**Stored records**
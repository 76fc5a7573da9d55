//! Escapes among the bytes of a text (RFC 8259, section 7).
ghost use Rattle.std.specs.Prelude.{◌≡◌, ℕ, ◌<◌, ◌≤◌, List, ◌++◌, IfOk, IfSome, true, length};
ghost use Rattle.std.specs.Char.{digit_value};
ghost use Rattle.tinyjson_grammar.specs.Characters.{short_escape, is_high, text};
ghost use Rattle.tinyjson_tokens.specs.Escape.{EscapeAt, Spells, UnitAt};

use crate::utf16::{is_high, is_low, pair, push};
use std::alloc::AllocError;

/// What the character after a backslash stands for, which is looked up: no jump has to be guessed.
pub(crate) fn short_escape(c: char) -> Option<char>
    ensures { result ≡ short_escape c }
{
    if c < '"' || c > 't' {
        return None;
    }
    match SHORT_ESCAPES[c as usize - '"' as usize] {
        0 => None,
        byte => Some(byte as char),
    }
}

/// What the characters from `"` to `t` stand for after a backslash, and 0 for those that stand for nothing.
const SHORT_ESCAPES: [u8; 83] = [
    b'"', 0, 0, 0, 0, 0, 0, 0, 0, 0, 0, 0, 0, b'/', 0, 0, 0, 0, 0, 0, 0, 0, 0, 0, 0, 0, 0, 0, 0, 0,
    0, 0, 0, 0, 0, 0, 0, 0, 0, 0, 0, 0, 0, 0, 0, 0, 0, 0, 0, 0, 0, 0, 0, 0, 0, 0, 0, 0, b'\\', 0,
    0, 0, 0, 0, 8, 0, 0, 0, 12, 0, 0, 0, 0, 0, 0, 0, b'\n', 0, 0, 0, b'\r', 0, b'\t',
];

/// Adds the characters of the consecutive escapes from a place on, and returns where these end: at the place
/// itself, where there is no escape, and before an error.
#[inline(always)]
pub(crate) fn escapes(bytes: &[u8], at: usize, string: &mut String) -> Result<usize, AllocError>
    requires { at ≤ length bytes.now }
    ensures { IfOk result (λ end. (ds : List ℕ) × Spells bytes.now at ds end
        × (text string.new ≡ text string.old ++ ds)) }
{
    let mut end = at;
    while let Some((c, next)) = escape_at(bytes, end) {
        push(string, c)?;
        end = next;
    }
    Ok(end)
}

/// The character that an escape spells at a place, or two that are a pair, and where they end. None where
/// there is no escape, and where an error is possible.
#[inline(always)]
fn escape_at(bytes: &[u8], at: usize) -> Option<(char, usize)>
    requires { at ≤ length bytes.now }
    ensures { IfSome result (λ r. EscapeAt bytes.now at r.0 r.1) }
{
    if bytes.len() - at < 2 || bytes[at] != b'\\' {
        return None;
    }
    match short_escape(bytes[at + 1] as char) {
        Some(c) => Some((c, at + 2)),
        None => units_at(bytes, at),
    }
}

/// The character that a unit at a place spells, or that two units spell as a pair, and where they end.
fn units_at(bytes: &[u8], at: usize) -> Option<(char, usize)>
    requires { at ≤ length bytes.now }
    ensures { IfSome result (λ r. EscapeAt bytes.now at r.0 r.1) }
{
    let unit = unit_at(bytes, at)?;
    if is_high(unit) {
        return pair_at(bytes, at, unit);
    }
    let c = char::from_u32(unit as u32)?;
    Some((c, at + 6))
}

/// The character of a pair of units, of which the first is known, and where the second ends.
fn pair_at(bytes: &[u8], at: usize, high: u16) -> Option<(char, usize)>
    requires high { is_high high ≡ true }
    requires unit { UnitAt bytes.now at high }
    ensures { IfSome result (λ r. EscapeAt bytes.now at r.0 r.1) }
{
    let low = unit_at(bytes, at + 6)?;
    if !is_low(low) {
        return None;
    }
    Some((pair(high, low), at + 12))
}

/// The unit that an escape spells at a place.
#[inline(always)]
fn unit_at(bytes: &[u8], at: usize) -> Option<u16>
    requires { at ≤ length bytes.now }
    ensures { IfSome result (λ unit. UnitAt bytes.now at unit) }
{
    if bytes.len() - at < 6 || bytes[at] != b'\\' || bytes[at + 1] != b'u' {
        return None;
    }
    let first = hex_value(bytes[at + 2])?;
    let second = hex_value(bytes[at + 3])?;
    let third = hex_value(bytes[at + 4])?;
    let fourth = hex_value(bytes[at + 5])?;
    Some((((first * 16 + second) * 16 + third) * 16 + fourth) as u16)
}

/// The value of a hexadecimal digit, which costs one jump: in ASCII the last four bits of a digit are its
/// value, and those of a letter are 9 below it.
#[inline(always)]
fn hex_value(byte: u8) -> Option<u32>
    ensures { IfSome result (λ value. (value ≡ digit_value byte) × (value < 16)) }
{
    let is_digit = byte.wrapping_sub(b'0') < 10;
    let is_letter = (byte | 32).wrapping_sub(b'a') < 6;
    if !(is_digit | is_letter) {
        return None;
    }
    Some((byte & 15) as u32 + 9 * (byte >> 6) as u32)
}
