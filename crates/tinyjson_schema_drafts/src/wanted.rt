//! The meta-schemas that the references of a schema lead into.
ghost use Rattle.std.specs.Prelude.{◌≡◌, ◌++◌, map, option_map, IfOk, OnOk};
ghost use Rattle.std.specs.List.{list_any};
ghost use Rattle.tinyjson.specs.View.{view};
ghost use Rattle.tinyjson_schema_keywords.specs.Subschemas.{seen, all_seen};
ghost use Rattle.tinyjson_schema_drafts.specs.Meta.{published};
ghost use Rattle.tinyjson_schema_drafts.specs.References.{documents_of, has_id, has_resource, is_text};
ghost use Rattle.tinyjson_schema_drafts.specs.References.{lacking, leads_into, led_into};
ghost use Rattle.tinyjson_schema_drafts.specs.References.{reference_of, uri_in, wanted, wanted_among, wanted_of};

use crate::dialect::uri_of;
use crate::document::has_definition;
use crate::draft::Draft;
use crate::meta::{MetaSchema, has_document, meta_schemas};
use std::alloc::{AllocError, Global};
use text_uri::without_fragment;
use tinyjson::JsonValue;
use tinyjson_schema_keywords::{Form, Keyword, SchemaMember, form_by, schema_members};

/// The drafts, the newest one last.
const DRAFTS: [Draft; 5] = [
    Draft::Draft4,
    Draft::Draft6,
    Draft::Draft7,
    Draft::Draft201909,
    Draft::Draft202012,
];

/// The meta-schemas that the schema lacks, of the drafts that references of its bundle lead into.
pub fn wanted(
    schema: &JsonValue,
    bundle: &JsonValue,
    alloc: Global,
) -> Result<Vec<MetaSchema>, AllocError>
    ensures { IfOk result
        (λ found. map published found.items ≡ wanted (view schema.now) (view bundle.now)) }
{
    let members = schema_members(bundle, alloc)?;
    wanted_among(&DRAFTS, schema, members.as_slice(), alloc)
}

/// Those of these drafts.
fn wanted_among(
    drafts: &[Draft],
    schema: &JsonValue,
    members: &[SchemaMember<'_>],
    alloc: Global,
) -> Result<Vec<MetaSchema>, AllocError>
    ensures { IfOk result (λ found. map published found.items
        ≡ wanted_among drafts.now (view schema.now) (all_seen members.now)) }
{
    let mut found = Vec::new(alloc);
    for draft in drafts {
        add_wanted(*draft, schema, members, alloc, &mut found)?;
    }
    Ok(found)
}

/// Adds those of this draft.
fn add_wanted(
    draft: Draft,
    schema: &JsonValue,
    members: &[SchemaMember<'_>],
    alloc: Global,
    found: &mut Vec<MetaSchema>,
) -> Result<(), AllocError>
    ensures { OnOk result (map published found.new.items ≡ map published found.old.items
        ++ wanted_of (view schema.now) (all_seen members.now) draft) }
{
    let documents = documents_of(draft);
    if led_into(documents, members) {
        return add_lacking(documents, schema, alloc, found);
    }
    Ok(())
}

/// The meta-schema of the draft, and those of its vocabularies.
fn documents_of(draft: Draft) -> &'static [MetaSchema]
    ensures { map published result.now ≡ documents_of draft }
{
    match meta_schemas(uri_of(draft)) {
        Some(documents) => documents,
        None => &[],
    }
}

/// Whether one of the members is a reference into the documents.
fn led_into(documents: &[MetaSchema], members: &[SchemaMember<'_>]) -> bool
    ensures { result ≡ led_into (map published documents.now) (all_seen members.now) }
{
    for member in members {
        if leads_into(documents, *member) {
            return true;
        }
    }
    false
}

/// Whether the member is a reference into the documents.
fn leads_into(documents: &[MetaSchema], member: SchemaMember<'_>) -> bool
    ensures { result ≡ leads_into (map published documents.now) (seen member.entry) }
{
    match reference_of(member) {
        Some(uri) => has_document(documents, uri),
        None => false,
    }
}

/// The URI of a reference, without its fragment.
fn reference_of<'s>(member: SchemaMember<'s>) -> Option<&'s str>
    ensures { option_map (λ x. x.now) result ≡ reference_of (seen member.entry) }
{
    match form_by(member.keyword) {
        Form::Reference => uri_in(member.value),
        _ => None,
    }
}

fn uri_in(value: &JsonValue) -> Option<&str>
    ensures { option_map (λ x. x.now) result ≡ uri_in (view value.now) }
{
    match value {
        JsonValue::String(uri) => Some(without_fragment(uri.as_str())),
        _ => None,
    }
}

/// Adds those of the documents that the schema lacks.
fn add_lacking(
    documents: &[MetaSchema],
    schema: &JsonValue,
    alloc: Global,
    found: &mut Vec<MetaSchema>,
) -> Result<(), AllocError>
    ensures { OnOk result (map published found.new.items ≡ map published found.old.items
        ++ lacking (view schema.now) (map published documents.now)) }
{
    for document in documents {
        if !has_resource(schema, document.uri, alloc)? {
            found.push(*document)?;
        }
    }
    Ok(())
}

/// Whether the schema has a document with the URI.
fn has_resource(schema: &JsonValue, uri: &str, alloc: Global) -> Result<bool, AllocError>
    ensures { IfOk result (λ has. has ≡ has_resource (view schema.now) uri.now) }
{
    if has_definition(schema, uri) {
        return Ok(true);
    }
    let members = schema_members(schema, alloc)?;
    Ok(is_some_id(members.as_slice(), uri))
}

/// Whether one of the members is this `$id`.
fn is_some_id(members: &[SchemaMember<'_>], uri: &str) -> bool
    ensures { result ≡ list_any (has_id uri.now) (all_seen members.now) }
{
    for member in members {
        if is_id(*member, uri) {
            return true;
        }
    }
    false
}

/// Whether the member is this `$id`.
fn is_id(member: SchemaMember<'_>, uri: &str) -> bool
    ensures { result ≡ has_id uri.now (seen member.entry) }
{
    match member.keyword {
        Some(Keyword::Id) => is_text(member.value, uri),
        _ => false,
    }
}

/// Whether it is this string.
fn is_text(value: &JsonValue, text: &str) -> bool
    ensures { result ≡ is_text text.now (view value.now) }
{
    match value {
        JsonValue::String(own) => own.as_str() == text,
        _ => false,
    }
}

**Task instructions**
Copy the lines from the entries above in which the word "usize" appears.

**Finished task**
    match SHORT_ESCAPES[c as usize - '"' as usize] {
pub(crate) fn escapes(bytes: &[u8], at: usize, string: &mut String) -> Result<usize, AllocError>
fn escape_at(bytes: &[u8], at: usize) -> Option<(char, usize)>
fn units_at(bytes: &[u8], at: usize) -> Option<(char, usize)>
fn pair_at(bytes: &[u8], at: usize, high: u16) -> Option<(char, usize)>
fn unit_at(bytes: &[u8], at: usize) -> Option<u16>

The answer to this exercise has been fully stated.